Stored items
%%

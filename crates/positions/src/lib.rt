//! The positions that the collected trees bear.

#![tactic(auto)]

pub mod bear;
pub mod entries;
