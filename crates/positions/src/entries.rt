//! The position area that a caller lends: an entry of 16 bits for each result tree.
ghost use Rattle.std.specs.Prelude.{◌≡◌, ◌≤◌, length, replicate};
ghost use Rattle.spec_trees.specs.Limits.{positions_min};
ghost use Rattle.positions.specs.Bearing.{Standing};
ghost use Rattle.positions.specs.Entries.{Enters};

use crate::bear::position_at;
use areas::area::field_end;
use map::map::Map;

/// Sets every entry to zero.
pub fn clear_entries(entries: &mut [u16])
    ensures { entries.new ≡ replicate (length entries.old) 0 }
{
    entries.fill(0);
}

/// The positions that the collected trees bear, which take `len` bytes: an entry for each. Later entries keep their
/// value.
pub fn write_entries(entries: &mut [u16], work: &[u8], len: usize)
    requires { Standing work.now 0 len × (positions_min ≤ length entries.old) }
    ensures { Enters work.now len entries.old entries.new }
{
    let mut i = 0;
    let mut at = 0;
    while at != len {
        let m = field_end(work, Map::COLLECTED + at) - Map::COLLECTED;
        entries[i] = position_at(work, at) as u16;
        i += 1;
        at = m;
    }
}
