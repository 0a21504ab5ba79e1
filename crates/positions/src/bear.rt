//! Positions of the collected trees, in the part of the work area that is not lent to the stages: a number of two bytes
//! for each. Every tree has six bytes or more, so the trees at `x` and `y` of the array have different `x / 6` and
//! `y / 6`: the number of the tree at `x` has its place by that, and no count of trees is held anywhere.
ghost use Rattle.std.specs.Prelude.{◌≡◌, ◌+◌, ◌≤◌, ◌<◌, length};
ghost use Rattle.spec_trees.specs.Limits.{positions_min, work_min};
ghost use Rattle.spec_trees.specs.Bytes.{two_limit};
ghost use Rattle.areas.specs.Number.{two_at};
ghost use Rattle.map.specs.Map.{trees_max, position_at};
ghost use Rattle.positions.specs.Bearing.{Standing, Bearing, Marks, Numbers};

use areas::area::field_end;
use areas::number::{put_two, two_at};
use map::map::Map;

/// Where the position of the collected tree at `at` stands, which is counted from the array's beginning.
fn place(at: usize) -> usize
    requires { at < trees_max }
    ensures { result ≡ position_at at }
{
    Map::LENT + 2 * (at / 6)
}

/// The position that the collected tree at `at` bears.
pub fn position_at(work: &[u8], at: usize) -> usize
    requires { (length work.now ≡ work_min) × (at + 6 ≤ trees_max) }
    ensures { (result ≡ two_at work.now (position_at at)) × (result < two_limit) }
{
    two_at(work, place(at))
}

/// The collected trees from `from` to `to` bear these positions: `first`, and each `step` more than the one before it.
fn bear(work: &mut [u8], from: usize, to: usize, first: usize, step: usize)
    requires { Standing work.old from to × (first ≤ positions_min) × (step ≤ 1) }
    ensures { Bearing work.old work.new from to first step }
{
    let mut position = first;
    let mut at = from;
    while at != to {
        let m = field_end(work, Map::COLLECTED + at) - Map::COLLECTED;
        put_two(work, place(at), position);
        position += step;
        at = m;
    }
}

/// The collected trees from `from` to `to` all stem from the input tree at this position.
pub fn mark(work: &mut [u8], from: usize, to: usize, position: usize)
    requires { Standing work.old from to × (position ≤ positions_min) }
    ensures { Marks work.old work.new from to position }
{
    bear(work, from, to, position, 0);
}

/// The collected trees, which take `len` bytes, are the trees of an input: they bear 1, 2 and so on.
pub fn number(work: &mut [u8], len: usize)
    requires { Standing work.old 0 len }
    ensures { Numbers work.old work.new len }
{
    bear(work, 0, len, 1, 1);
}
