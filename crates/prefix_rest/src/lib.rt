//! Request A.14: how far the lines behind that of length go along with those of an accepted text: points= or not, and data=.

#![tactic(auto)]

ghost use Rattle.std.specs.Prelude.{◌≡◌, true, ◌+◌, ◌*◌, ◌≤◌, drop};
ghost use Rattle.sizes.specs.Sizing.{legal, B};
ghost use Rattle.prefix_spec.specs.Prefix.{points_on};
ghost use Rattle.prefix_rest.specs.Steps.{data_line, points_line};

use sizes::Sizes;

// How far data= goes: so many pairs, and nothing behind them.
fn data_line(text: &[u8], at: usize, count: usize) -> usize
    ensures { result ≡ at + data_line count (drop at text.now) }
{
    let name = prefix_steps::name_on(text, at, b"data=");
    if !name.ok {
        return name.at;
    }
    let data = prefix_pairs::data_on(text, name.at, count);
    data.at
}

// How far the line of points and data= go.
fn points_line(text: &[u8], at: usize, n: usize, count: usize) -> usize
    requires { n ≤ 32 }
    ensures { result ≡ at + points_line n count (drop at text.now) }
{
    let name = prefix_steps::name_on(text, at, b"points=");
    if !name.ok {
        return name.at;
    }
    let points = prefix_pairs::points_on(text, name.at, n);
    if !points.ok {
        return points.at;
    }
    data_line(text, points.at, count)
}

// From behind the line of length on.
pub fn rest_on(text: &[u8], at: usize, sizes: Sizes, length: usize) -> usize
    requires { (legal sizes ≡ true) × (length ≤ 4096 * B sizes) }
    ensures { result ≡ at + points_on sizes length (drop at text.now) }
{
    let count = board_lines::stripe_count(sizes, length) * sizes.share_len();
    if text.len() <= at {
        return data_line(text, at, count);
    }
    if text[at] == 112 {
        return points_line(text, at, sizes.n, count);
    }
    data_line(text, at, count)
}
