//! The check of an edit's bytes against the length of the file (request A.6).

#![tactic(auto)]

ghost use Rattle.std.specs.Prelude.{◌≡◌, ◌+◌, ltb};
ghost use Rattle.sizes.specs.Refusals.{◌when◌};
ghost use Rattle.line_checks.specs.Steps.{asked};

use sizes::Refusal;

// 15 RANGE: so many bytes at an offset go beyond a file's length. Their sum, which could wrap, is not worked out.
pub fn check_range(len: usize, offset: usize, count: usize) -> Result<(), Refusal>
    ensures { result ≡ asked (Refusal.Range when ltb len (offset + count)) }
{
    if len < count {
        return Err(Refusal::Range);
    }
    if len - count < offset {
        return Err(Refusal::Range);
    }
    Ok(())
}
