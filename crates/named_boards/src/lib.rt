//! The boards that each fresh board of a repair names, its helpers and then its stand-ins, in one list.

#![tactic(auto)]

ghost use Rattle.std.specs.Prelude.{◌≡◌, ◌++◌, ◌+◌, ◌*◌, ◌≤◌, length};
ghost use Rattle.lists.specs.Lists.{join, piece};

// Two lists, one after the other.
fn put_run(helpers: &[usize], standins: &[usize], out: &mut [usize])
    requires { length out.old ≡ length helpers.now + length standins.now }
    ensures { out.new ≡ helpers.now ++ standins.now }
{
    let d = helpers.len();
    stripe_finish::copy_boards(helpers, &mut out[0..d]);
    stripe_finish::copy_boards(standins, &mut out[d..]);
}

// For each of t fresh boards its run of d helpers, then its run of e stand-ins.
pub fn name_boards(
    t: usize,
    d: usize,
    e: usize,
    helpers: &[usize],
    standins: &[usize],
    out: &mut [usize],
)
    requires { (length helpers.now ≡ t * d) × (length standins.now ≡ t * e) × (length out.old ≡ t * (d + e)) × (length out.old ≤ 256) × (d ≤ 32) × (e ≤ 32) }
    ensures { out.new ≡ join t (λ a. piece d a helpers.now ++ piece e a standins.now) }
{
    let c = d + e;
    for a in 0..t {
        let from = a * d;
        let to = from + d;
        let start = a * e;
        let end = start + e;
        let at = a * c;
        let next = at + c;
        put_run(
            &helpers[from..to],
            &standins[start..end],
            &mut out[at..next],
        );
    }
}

%%

* _What to work on_
Output each record above exactly, omitting nothing.

* _Solution to the problem_
filename crates/positions/src/lib.rt
//! The positions that the collected trees bear.

#![tactic(auto)]

pub mod bear;
pub mod entries;
filename crates/positions/src/entries.rt
//! The position area that a caller lends: an entry of 16 bits for each result tree.
ghost use Rattle.std.specs.Prelude.{◌≡◌, ◌≤◌, length, replicate};
ghost use Rattle.spec_trees.specs.Limits.{positions_min};
ghost use Rattle.positions.specs.Bearing.{Standing};
ghost use Rattle.positions.specs.Entries.{Enters};

use crate::bear::position_at;
use areas::area::field_end;
use map::map::Map;

/// Sets every entry to zero.
pub fn clear_entries(entries: &mut [u16])
    ensures { entries.new ≡ replicate (length entries.old) 0 }
{
    entries.fill(0);
}

/// The positions that the collected trees bear, which take `len` bytes: an entry for each. Later entries keep their
/// value.
pub fn write_entries(entries: &mut [u16], work: &[u8], len: usize)
    requires { Standing work.now 0 len × (positions_min ≤ length entries.old) }
    ensures { Enters work.now len entries.old entries.new }
{
    let mut i = 0;
    let mut at = 0;
    while at != len {
        let m = field_end(work, Map::COLLECTED + at) - Map::COLLECTED;
        entries[i] = position_at(work, at) as u16;
        i += 1;
        at = m;
    }
}
repository 0a21504ab5ba79e1
filename crates/positions/src/bear.rt
//! Positions of the collected trees, in the part of the work area that is not lent to the stages: a number of two bytes
//! for each. Every tree has six bytes or more, so the trees at `x` and `y` of the array have different `x / 6` and
//! `y / 6`: the number of the tree at `x` has its place by that, and no count of trees is held anywhere.
ghost use Rattle.std.specs.Prelude.{◌≡◌, ◌+◌, ◌≤◌, ◌<◌, length};
ghost use Rattle.spec_trees.specs.Limits.{positions_min, work_min};
ghost use Rattle.spec_trees.specs.Bytes.{two_limit};
ghost use Rattle.areas.specs.Number.{two_at};
ghost use Rattle.map.specs.Map.{trees_max, position_at};
ghost use Rattle.positions.specs.Bearing.{Standing, Bearing, Marks, Numbers};

use areas::area::field_end;
use areas::number::{put_two, two_at};
use map::map::Map;

/// Where the position of the collected tree at `at` stands, which is counted from the array's beginning.
fn place(at: usize) -> usize
    requires { at < trees_max }
    ensures { result ≡ position_at at }
{
    Map::LENT + 2 * (at / 6)
}

/// The position that the collected tree at `at` bears.
pub fn position_at(work: &[u8], at: usize) -> usize
    requires { (length work.now ≡ work_min) × (at + 6 ≤ trees_max) }
    ensures { (result ≡ two_at work.now (position_at at)) × (result < two_limit) }
{
    two_at(work, place(at))
}

/// The collected trees from `from` to `to` bear these positions: `first`, and each `step` more than the one before it.
fn bear(work: &mut [u8], from: usize, to: usize, first: usize, step: usize)
    requires { Standing work.old from to × (first ≤ positions_min) × (step ≤ 1) }
    ensures { Bearing work.old work.new from to first step }
{
    let mut position = first;
    let mut at = from;
    while at != to {
        let m = field_end(work, Map::COLLECTED + at) - Map::COLLECTED;
        put_two(work, place(at), position);
        position += step;
        at = m;
    }
}

/// The collected trees from `from` to `to` all stem from the input tree at this position.
pub fn mark(work: &mut [u8], from: usize, to: usize, position: usize)
    requires { Standing work.old from to × (position ≤ positions_min) }
    ensures { Marks work.old work.new from to position }
{
    bear(work, from, to, position, 0);
}

/// The collected trees, which take `len` bytes, are the trees of an input: they bear 1, 2 and so on.
pub fn number(work: &mut [u8], len: usize)
    requires { Standing work.old 0 len }
    ensures { Numbers work.old work.new len }
{
    bear(work, 0, len, 1, 1);
}
filename crates/prefix_rest/src/lib.rt
//! Request A.14: how far the lines behind that of length go along with those of an accepted text: points= or not, and data=.

#![tactic(auto)]

ghost use Rattle.std.specs.Prelude.{◌≡◌, true, ◌+◌, ◌*◌, ◌≤◌, drop};
ghost use Rattle.sizes.specs.Sizing.{legal, B};
ghost use Rattle.prefix_spec.specs.Prefix.{points_on};
ghost use Rattle.prefix_rest.specs.Steps.{data_line, points_line};

use sizes::Sizes;

// How far data= goes: so many pairs, and nothing behind them.
fn data_line(text: &[u8], at: usize, count: usize) -> usize
    ensures { result ≡ at + data_line count (drop at text.now) }
{
    let name = prefix_steps::name_on(text, at, b"data=");
    if !name.ok {
        return name.at;
    }
    let data = prefix_pairs::data_on(text, name.at, count);
    data.at
}

// How far the line of points and data= go.
fn points_line(text: &[u8], at: usize, n: usize, count: usize) -> usize
    requires { n ≤ 32 }
    ensures { result ≡ at + points_line n count (drop at text.now) }
{
    let name = prefix_steps::name_on(text, at, b"points=");
    if !name.ok {
        return name.at;
    }
    let points = prefix_pairs::points_on(text, name.at, n);
    if !points.ok {
        return points.at;
    }
    data_line(text, points.at, count)
}

// From behind the line of length on.
pub fn rest_on(text: &[u8], at: usize, sizes: Sizes, length: usize) -> usize
    requires { (legal sizes ≡ true) × (length ≤ 4096 * B sizes) }
    ensures { result ≡ at + points_on sizes length (drop at text.now) }
{
    let count = board_lines::stripe_count(sizes, length) * sizes.share_len();
    if text.len() <= at {
        return data_line(text, at, count);
    }
    if text[at] == 112 {
        return points_line(text, at, sizes.n, count);
    }
    data_line(text, at, count)
}
//! The check of an edit's bytes against the length of the file (request A.6).

#![tactic(auto)]

ghost use Rattle.std.specs.Prelude.{◌≡◌, ◌+◌, ltb};
ghost use Rattle.sizes.specs.Refusals.{◌when◌};
ghost use Rattle.line_checks.specs.Steps.{asked};

use sizes::Refusal;

// 15 RANGE: so many bytes at an offset go beyond a file's length. Their sum, which could wrap, is not worked out.
pub fn check_range(len: usize, offset: usize, count: usize) -> Result<(), Refusal>
    ensures { result ≡ asked (Refusal.Range when ltb len (offset + count)) }
{
    if len < count {
        return Err(Refusal::Range);
    }
    if len - count < offset {
        return Err(Refusal::Range);
    }
    Ok(())
}
filename crates/named_boards/src/lib.rt
//! The boards that each fresh board of a repair names, its helpers and then its stand-ins, in one list.

#![tactic(auto)]

ghost use Rattle.std.specs.Prelude.{◌≡◌, ◌++◌, ◌+◌, ◌*◌, ◌≤◌, length};
ghost use Rattle.lists.specs.Lists.{join, piece};

// Two lists, one after the other.
fn put_run(helpers: &[usize], standins: &[usize], out: &mut [usize])
    requires { length out.old ≡ length helpers.now + length standins.now }
    ensures { out.new ≡ helpers.now ++ standins.now }
{
    let d = helpers.len();
    stripe_finish::copy_boards(helpers, &mut out[0..d]);
    stripe_finish::copy_boards(standins, &mut out[d..]);
}

// For each of t fresh boards its run of d helpers, then its run of e stand-ins.
pub fn name_boards(
    t: usize,
    d: usize,
    e: usize,
    helpers: &[usize],
    standins: &[usize],
    out: &mut [usize],
)
    requires { (length helpers.now ≡ t * d) × (length standins.now ≡ t * e) × (length out.old ≡ t * (d + e)) × (length out.old ≤ 256) × (d ≤ 32) × (e ≤ 32) }
    ensures { out.new ≡ join t (λ a. piece d a helpers.now ++ piece e a standins.now) }
{
    let c = d + e;
    for a in 0..t {
        let from = a * d;
        let to = from + d;
        let start = a * e;
        let end = start + e;
        let at = a * c;
        let next = at + c;
        put_run(
            &helpers[from..to],
            &standins[start..end],
            &mut out[at..next],
        );
    }
}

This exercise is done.